- TASK PROMPT: The lines to return are those below that contain the word "LineSetup".

Dataset entries
^^^^^^^^
//! The counting core of goaccess: a `Summary` holds what was counted of the lines of a log, per key.
#![tactic(auto)]

mod entries;
mod entry;
mod fault;
mod first_bad;
mod joining;
pub mod laws;
mod layer_sums;
mod limits;
mod load;
mod names;
mod not_sound;
mod one_line;
mod one_pass;
mod order;
mod room;
mod row_tests;
mod row_view;
mod summary;
mod summary_parts;
mod totals_tests;
mod trim;

pub use fault::MergeFault;
pub use not_sound::NotSound;
pub use row_view::RowView;
pub use summary::Summary;
pub use summary_parts::{PartRow, PartRows, SummaryParts};
pub use totals_tests::totals_fit;
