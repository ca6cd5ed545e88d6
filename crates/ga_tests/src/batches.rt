//! Batches, and what is counted of one.

ghost use Rattle.std.specs.Prelude.{◌≡◌, ◌+◌, ◌<◌, ◌≤◌, ◌^◌, false, length};
ghost use Rattle.ga_base.specs.Totals.{TotalsFit};
ghost use Rattle.ga_base.specs.declared.limits.TheConstants.{MAX_BATCH, MAX_JOBS};
ghost use Rattle.ga_batches.specs.declared.batcher.TheConstants.{LEAST_LIMIT};
ghost use Rattle.ga_pool.specs.Stands.{StandsFor};
ghost use Rattle.ga_summary.specs.SummaryRows.{SummaryValue};
ghost use Rattle.ga_summary.specs.Sound.{IsSummary};

use ga_base::{Counter, NoMemory, Totals};
use ga_line::LineSetup;
use ga_panels::PanelSetup;
use ga_pool::{Batcher, Counted, PoolFault, Setup, count_batch};
use ga_ports::Gate;
use ga_summary::Summary;
use std::alloc::Global;
use std::thread::Threads;

/// The faults of a batch.
pub const POOL_FAULTS: [PoolFault; 2] = [
    PoolFault::CounterFull {
        which: Counter::Lines,
        total: 0,
    },
    PoolFault::NoMemory,
];

/// How lines are read and counted.
pub fn setup(line: LineSetup, panels: PanelSetup) -> Setup {
    Setup { line, panels }
}

/// A batcher of no bytes.
pub fn batcher(alloc: Global, limit: u64) -> Result<Batcher, NoMemory>
    requires least { LEAST_LIMIT ≤ limit }
    requires most { limit ≤ MAX_BATCH }
{
    Batcher::new(alloc, limit)
}

/// Feeds bytes.
pub fn feed(batcher: &mut Batcher, piece: &[u8]) -> u64
    requires going { batcher.old.is_over ≡ false }
    requires countable { batcher.old.fed + length piece.now < 2 ^ 64 }
{
    batcher.feed(piece)
}

/// The whole lines that it holds.
pub fn batch(batcher: &Batcher) -> &[u8] {
    batcher.batch()
}

/// Drops them.
pub fn take(batcher: &mut Batcher) {
    batcher.take()
}

/// Ends the stream.
pub fn end(batcher: &mut Batcher, keep: bool) {
    batcher.end(keep)
}

/// How many bytes were fed up to the last line feed.
pub fn ended(batcher: &Batcher) -> u64 {
    batcher.ended()
}

/// Counts a batch.
pub fn count<R: Threads + Sync, G: Gate>(
    rt: &R,
    alloc: Global,
    setup: &Setup,
    before: &Totals,
    batch: &[u8],
    jobs: u32,
    gate: &G,
) -> Result<Counted, PoolFault>
    requires small { length batch.now ≤ MAX_BATCH }
    requires some { 1 ≤ jobs }
    requires most { jobs ≤ MAX_JOBS }
    requires before { TotalsFit before.now }
{
    count_batch(rt, alloc, setup, before, batch, jobs, 1, gate)
}

/// The totals of what was counted, of which each field is named.
pub fn totals_of(counted: &Counted) -> &Totals {
    let Counted {
        totals,
        keys: _,
        visitors: _,
        counts: _,
        pairs: _,
    } = counted;
    totals
}

/// The summary of it.
pub fn summary_of(alloc: Global, counted: &Counted) -> Result<Summary, NoMemory>
    requires { (s : SummaryValue) × IsSummary s × StandsFor counted.now s }
{
    counted.summary(alloc)
}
^^^^^^^^
- ANSWER AREA:
use ga_line::LineSetup;
pub fn setup(line: LineSetup, panels: PanelSetup) -> Setup {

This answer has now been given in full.